Viral Medsos
Kisah Yaidah yang Sulit Urus Akta Kematian Anaknya, Ngadu ke Jakarta Hingga Kemendagri Angkat Bicara
Yaidah memerlukan akta itu untuk mengurus asuransi sang anak dan di beri waktu selama 60 hari, jika tidak ada surat kematian maka asuransi akan hangus
Penulis: Agus Ramadhan | Editor: Safriadi Syahbuddin
Lantaran miskomunikasi dan salah pemahaman membuat Yaidah sampai harus berangkat ke kantor Kemendagri di Jakarta.
"Saya berduka karena ada masyarakat yang dipimpong dan misinformasi sehingga si ibu mengurus hingga Jakarta,” katanya dalam pernyataan, yang diterima serambinews.com, Kamis (29/10/2020).
“Terkesan birokrasi buruk sekali. Dukcapil sedang dihukum masyarakat. Gara-gara satu kasus saja, 514 Dinas Dukcapil Kab/Kota terkena dampaknya," sambung Zudan.
Zudan menegaskan, kasus Yaidah sudah selesai pada 23 September 2020.
"Beritanya baru digoreng sekarang. Hal seperti ini berawal dari mis informasi dan handling yang tidak tepat," kata Dirjen Dukcapil.

Maka ia mengingatkan bahwa Dukcapil harus selalu berbenah.
"Mengurus akta kematian cukup di kelurahan. Bila tidak selesai, pihak kelurahan mesti proaktif. Jangan dibiarkan masyarakat bergerak sendiri," ujarnya.

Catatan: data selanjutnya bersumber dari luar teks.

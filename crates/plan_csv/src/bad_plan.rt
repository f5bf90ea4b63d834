//! Why a text is no plan.

ghost use Rattle.std.specs.Prelude.{◌≡◌};
ghost use Rattle.plan_csv.specs.declared.bad_plan.BadPlan.TheVariants.{Memory as OutOfMemory};

use glass_base::Memory;
use thiserror::Error;

/// Why a text is no plan: the first row that is refused decides, and in it the first cause in the order of the variants, but for
/// `Kind`, which comes before `Size`. Rows and columns count from 1, the skipped first row included.
#[derive(Debug, Drop, Error)]
pub enum BadPlan {
    /// Memory ran out.
    #[error("out of memory")]
    Memory,
    /// A row, with another number of fields than nine.
    #[error("row {0} has {1} fields")]
    Record(u64, u64),
    /// A row and a column whose field is no whole number in the column's range.
    #[error("row {0}, column {1} is no number in range")]
    Number(u64, u64),
    /// A row whose node number was used before, that names no earlier row as its parent, or that has a parent though it is a
    /// plate, has none though it is a piece, or lies on another plate than its parent.
    #[error("row {0} has a wrong node or parent")]
    Parent(u64),
    /// A row, with a level of cut that is not one more than its parent's; 0 for a plate out of turn.
    #[error("row {0} has the wrong level {1}")]
    Level(u64, u64),
    /// A row and the column of a side or a place that its parent and its neighbours fix otherwise, or with which they are longer
    /// than 20,000 mm.
    #[error("row {0}, column {1} does not fit its parent")]
    Size(u64, u64),
    /// A row of a type that does not go with its level, or whose parent is not cut; or, once all rows are read, a piece of a 3-cut
    /// that is cut and has not two children.
    #[error("row {0} has a wrong type")]
    Kind(u64),
}

impl From<Memory> for BadPlan {
    ghost from_gives = { λ _ e. e ≡ OutOfMemory };

    fn from(_refused: Memory) -> BadPlan {
        BadPlan::Memory
    }
}
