//! The rows that were read so far, by their node numbers.

ghost use Rattle.std.specs.Prelude.{◌≡◌, ◌+◌, ◌≤◌, ◌++◌, [], ◌∷◌, OnOk};
ghost use Rattle.std.specs.BTreeMap.{get};
ghost use Rattle.std.specs.Ordering.{nat_cmp};
ghost use Rattle.plan_csv.specs.inner.ReadNodes.{AreNodes, HasGained, HasNewChild, HasSpace, MayFollow, IsAttached, side_filled};

use cut_model::Row;
use glass_base::limits::MOST_SIDE;
use glass_base::{Memory, Run, append};
use std::alloc::Global;
use std::collections::BTreeMap;

/// What is kept of a row.
#[derive(Drop)]
pub struct KeptRow {
    pub row: Row,
    /// The sum of its children's sizes in the direction of the cut, in mm.
    pub filled: u32,
    /// Its children, in the order of the text.
    pub children: Run<Row>,
}

/// The rows that were read so far.
#[derive(Drop)]
pub struct Nodes {
    pub rows: Run<Row>,
    pub plates: Run<Row>,
    /// What is kept of each row, by its node number.
    pub named: BTreeMap<u64, KeptRow>,
}

/// The side of a row by which it fills its parent, in mm.
pub fn side_of(row: &Row) -> u32
    ensures { result ≡ side_filled row.now }
{
    match row.cut {
        0 => 0,
        1 => row.width,
        2 => row.height,
        3 => row.width,
        _ => row.height,
    }
}

/// Adds a child to a node.
fn add(node: &mut KeptRow, row: &Row) -> Result<(), Memory>
    requires { node.old.filled + side_filled row.now ≤ MOST_SIDE }
    ensures { OnOk result (HasGained row.now node.old node.new) }
{
    append(&mut node.children, *row)?;
    node.filled += side_of(row);
    Ok(())
}

/// Adds a child to the node of this number, which is kept and has room for it.
fn add_child(named: &mut BTreeMap<u64, KeptRow>, parent: u64, row: &Row) -> Result<(), Memory>
    requires { HasSpace row.now (get nat_cmp named.old parent) }
    ensures { OnOk result (HasNewChild row.now parent (get nat_cmp named.old)
        (get nat_cmp named.new)) }
{
    match named.get_mut(&parent) {
        Some(node) => add(node, row),
        None => unreachable!(),
    }
}

impl Nodes {
    /// No row.
    pub fn new(alloc: Global) -> Nodes
        ensures rows { result.rows.items ≡ [] }
        ensures nodes { AreNodes result }
    {
        Nodes {
            rows: Run::new(alloc),
            plates: Run::new(alloc),
            named: BTreeMap::new(alloc),
        }
    }

    /// Puts a row among the plates, or among the children of its parent.
    fn attach(&mut self, row: &Row) -> Result<(), Memory>
        requires nodes { AreNodes self.old }
        requires allowed { MayFollow self.old.rows.items row.now }
        ensures rows { OnOk result (self.new.rows.items ≡ self.old.rows.items) }
        ensures attached { OnOk result (IsAttached row.now row.now.parent self.old self.new) }
    {
        match row.parent {
            None => append(&mut self.plates, *row),
            Some(parent) => add_child(&mut self.named, parent, row),
        }
    }

    /// Adds a row.
    pub fn push(&mut self, alloc: Global, row: &Row) -> Result<(), Memory>
        requires nodes { AreNodes self.old }
        requires allowed { MayFollow self.old.rows.items row.now }
        ensures rows { OnOk result (self.new.rows.items ≡ self.old.rows.items ++ row.now ∷ []) }
        ensures nodes { OnOk result (AreNodes self.new) }
    {
        self.attach(row)?;
        let node = KeptRow {
            row: *row,
            filled: 0,
            children: Run::new(alloc),
        };
        match self.named.insert(row.node, node) {
            Ok(_) => append(&mut self.rows, *row),
            Err(_) => Err(Memory),
        }
    }
}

Sementara kepada masyarakat, Zudan menyarankan, agar bertanya atau berkonsultasi dulu lewat layanan Whatsapp atau konsultasikan langsung ke Dinas Dukcapil terdekat.
Sebagai penanggung jawab akhir layanan Adminduk, Zudan langsung mengambil alih tanggung jawab dan tidak menyalahkan siapa pun.
Baca juga: Kini Cetak KK dan Akta Kelahiran tidak Perlu lagi ke Disdukcapil, Cukup Print di ADM
Baca juga: Ditjen Dukcapil Kemendagri Terus Upayakan Integrasi Pelayanan Publik Berbasis NIK
"Fenomena yang tidak boleh terjadi lagi. Petugas Dukcapil dari atas sampai bawah harus aware dan care. Para Kadis Dukcapil yang lebih tinggi saya minta turun sampai ke level terendah," pintanya.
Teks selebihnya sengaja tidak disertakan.